Patient Care and General Interest
Cardiac surgical and cardiology societies weigh in as an advisory committee revisits the US Centers for Medicare and Medicaid Services procedure volume requirements for transcatheter aortic valve replacement programs.
As the Houston Methodist Hospital in Texas, USA, moves to new facility, it is closing historic operating rooms where renowned heart surgeon Dr Michael DeBakey developed the Dacron graft.
The LUNGevity Foundation has published recommendations to expand eligibility for lung cancer trial participation to more patients.
Drugs and Devices
Polares Medical has received venture capital funding to continue developing a transcatheter hemireplacement device that would replace only the posterior leaflet of the mitral valve.
Research, Trials, and Funding
Researchers from Johns Hopkins University in Baltimore, Maryland, explored surgeon decision-making and the factors that influence a surgeon’s decision to operate or not in a scenario where a patient has a likely nonsurvivable medical problem.
Palliative care support offered to families of infants with single-ventricle heart disease by health care teams at the University of Michigan may help them cope with and navigate their child’s medical care.
Researchers in Canada studied factors that influence hemodynamic valve deterioration after surgical aortic valve replacement.

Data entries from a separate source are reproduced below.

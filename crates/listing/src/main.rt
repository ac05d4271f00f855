// Lists the sheets that stand one after another on standard input: a header, and a line for each.
#![tactic(auto)]

ghost use Rattle.std.specs.Prelude.{◌≡◌, if◌then◌else◌, ◌-◌, ◌*◌, ◌%◌, ◌≤◌, length, IfOk, OnOk};
ghost use Rattle.std.specs.Io.KnownBytes.{Appends};
ghost use Rattle.listing_text.specs.Listing.{lines_of};
ghost use Rattle.listing.specs.Block.{ListsBlock, ListsAll};

use arrayvec::ArrayVec;
use std::io;
use streams::{Failure, complain_to, fill, write};

// How many bytes of a block are listed: all, but where a read failed no more than the whole sheets.
fn listed_length(length: usize, failed: bool) -> usize
    ensures value { result ≡ (if failed then length - length % 24 else length) }
    ensures upper_bound { result ≤ length }
{
    if failed {
        return length - length % 24;
    }
    length
}

// Writes the lines of a block of at most 512 sheets, which it puts in the text first. The functions that list take the stream, the block and
// the text one by one: a struct of the three would be no plainer, since nothing else takes it and each borrow is of one part.
fn list<W: io::Write>(
    out: &mut W,
    sheets: &[u8],
    text: &mut ArrayVec<u8, 65536>,
) -> Result<(), Failure>
    requires { length sheets.now ≤ 512 * 24 }
    ensures lines { text.new.items ≡ lines_of sheets.now }
    ensures written { OnOk result (Appends (W.contents out.old) (W.contents out.new) (lines_of sheets.now)) }
{
    text.clear();
    listing_text::put_lines(text, sheets);
    write(out, text.as_slice())
}

// Reads a block and lists it, and returns whether more may follow, which is so only where the block was filled.
fn list_block<W: io::Write, R: io::Read>(
    out: &mut W,
    reader: &mut R,
    block: &mut [u8; 12_288],
    text: &mut ArrayVec<u8, 65536>,
) -> Result<bool, Failure>
    ensures { IfOk result (ListsBlock (R.remaining reader.old) (R.remaining reader.new) (W.contents out.old) (W.contents out.new)) }
{
    let (length, read) = fill(reader, block);
    let listed = listed_length(length, read.is_err());
    list(out, &block[..listed], text)?;
    read?;
    Ok(length == block.len())
}

// Lists the header, and block after block. A proved loop has to end, so it counts its turns, up to a number that no run reaches.
#[tactic(auto, using(crate::proofs::Blocks::blocks))]
fn list_all<W: io::Write, R: io::Read>(
    out: &mut W,
    reader: &mut R,
    block: &mut [u8; 12_288],
    text: &mut ArrayVec<u8, 65536>,
) -> Result<(), Failure>
    ensures { OnOk result (ListsAll (R.remaining reader.old) (W.contents out.old) (W.contents out.new)) }
{
    text.clear();
    listing_text::put_header(text);
    write(out, text.as_slice())?;
    for _ in 0..u64::MAX {
        if !list_block(out, reader, block, text)? {
            break;
        }
    }
    Ok(())
}

// The block is an array and a length beside it, since a read fills lent bytes.
fn main(rt: HostRuntime) {
    let mut block = [0; 12_288];
    let mut text = ArrayVec::new();
    if let Err(failure) = list_all(&mut io::writer(&rt), &mut rt.stdin(), &mut block, &mut text) {
        let _ = complain_to(&mut io::writer(&rt.stderr()), b"listing", failure.words());
    }
}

The authors report on their experience with three-demensional (3D) printed heart models in congenital cardiac surgery, having printed 20 3D models for preoperative simulation within the last three years. All operations were performed by a young consultant surgeon. The authors concluded that 3D printing helped them to understand the pathology and simulate the surgical approach.
Barbetta and colleagues retrospectively reviewed outcomes for 80 patients with T2N0 esophageal adenocarcinoma, staged by endoscopic ultrasound (EUS) and treated by surgery alone. EUS staging was inaccurate in the majority of patients, and final pathologic staging found nodal disease in 35% of patients. Vascular invasion was identified as an independent predictor of nodal involvement, and the authors suggest that its utility as a marker to select patients for induction therapy should be further explored.

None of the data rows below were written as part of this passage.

// Prints the listing of the image on standard input. Document 01, 'Bench sheet'.
#![tactic(auto)]

ghost use Rattle.std.specs.Prelude.{◌≤◌, OnOk, length};
ghost use Rattle.std.specs.Io.KnownBytes.{Appends};
ghost use Rattle.listing_text.specs.Listing.{listing_limit, listing_of};

use listing::listing_text;
use std::io;
use std::io::Write;
use text::read_full;

// Writes the listing, and nothing else, by way of a buffer that every listing fits into.
fn print_listing<W: Write>(to: &mut W, image: &[u8], out: &mut [u8]) -> io::Result<()>
    requires { listing_limit ≤ length out.old }
    ensures { OnOk result (Appends (W.contents to.old) (W.contents to.new) (listing_of image.now)) }
{
    let n = listing_text(image, out);
    to.write_all(&out[..n])
}

// One byte more than an image may have tells a longer input.
fn main(rt: HostRuntime) -> io::Result<()> {
    let mut input = [0u8; 16385];
    let n = read_full(&mut rt.stdin(), &mut input)?;
    let mut out = [0u8; 262144];
    print_listing(&mut rt.stdout(), &input[..n], &mut out)
}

Inoue and Suematsu report their experience using a minimally invasive approach to left atrial appendage resection. The procedure was performed in 87 patients using an endoscopic linear cutter device, without cardiopulmonary bypass or cardiac arrest. The authors found no change in cardiac function and no thrombus formation during patient follow-up three months after the operation.

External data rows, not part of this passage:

// The derivatives of a polynomial in two variables, which are polynomials again.
ghost use Rattle.std.specs.Prelude.{◌≡◌, ◌^◌, ◌≤◌, nat_abs};
ghost use Rattle.bernstein.specs.Sums.{Sized, AllSized};
ghost use Rattle.bernstein.specs.Tangents.{times_of, along_of, slope_of, inward_of};

use crate::{Matrix5, Vector5};

// The derivative by the second weight: the coefficients of j^(p + 1) times p + 1.
pub fn along(c: Matrix5) -> Matrix5
    requires { AllSized (2 ^ 54) c }
    ensures { result ≡ along_of c }
{
    Matrix5 {
        r0: c.r1,
        r1: times(c.r2, 2),
        r2: times(c.r3, 3),
        r3: times(c.r4, 4),
        r4: Vector5::ZERO,
    }
}

// The derivative by the third weight: that of each row.
pub fn inward(c: Matrix5) -> Matrix5
    requires { AllSized (2 ^ 54) c }
    ensures { result ≡ inward_of c }
{
    c.map(slope)
}

// Each number times m.
fn times(v: Vector5, m: i64) -> Vector5
    requires { Sized (2 ^ 54) v × (nat_abs m ≤ 4) }
    ensures { result ≡ times_of m v }
{
    Vector5 {
        a: m * v.a,
        b: m * v.b,
        c: m * v.c,
        d: m * v.d,
        e: m * v.e,
    }
}

// The derivative of a polynomial in one variable.
fn slope(f: Vector5) -> Vector5
    requires { Sized (2 ^ 54) f }
    ensures { result ≡ slope_of f }
{
    Vector5 {
        a: f.b,
        b: 2 * f.c,
        c: 3 * f.d,
        d: 4 * f.e,
        ..Vector5::ZERO
    }
}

Buratto and colleagues retrospectively analyzed the outcomes of 68 patients with atrioventricular septal defects (AVSD) who underwent pulmonary artery banding between 1983 and 2016. Of these, 40 patients had balanced AVSD and 28 patients had unbalanced AVSD. Pulmonary arterial banding was not associated with a short-term increase in atrioventricular valve regurgitation for either group. Patients with unbalanced AVSD did not have a higher rate of atrioventricular valve reoperation than in previous series of patients without pulmonary artery banding. Patients with balanced AVSD did have a higher rate of valve reoperation than reported in previous series, though the authors speculate that the higher rate of reoperation might have been due to an increased severity of disease. The authors conclude that pulmonary artery banding can be used in patients with AVSD without affecting early survival or compromising atrioventricular valve function.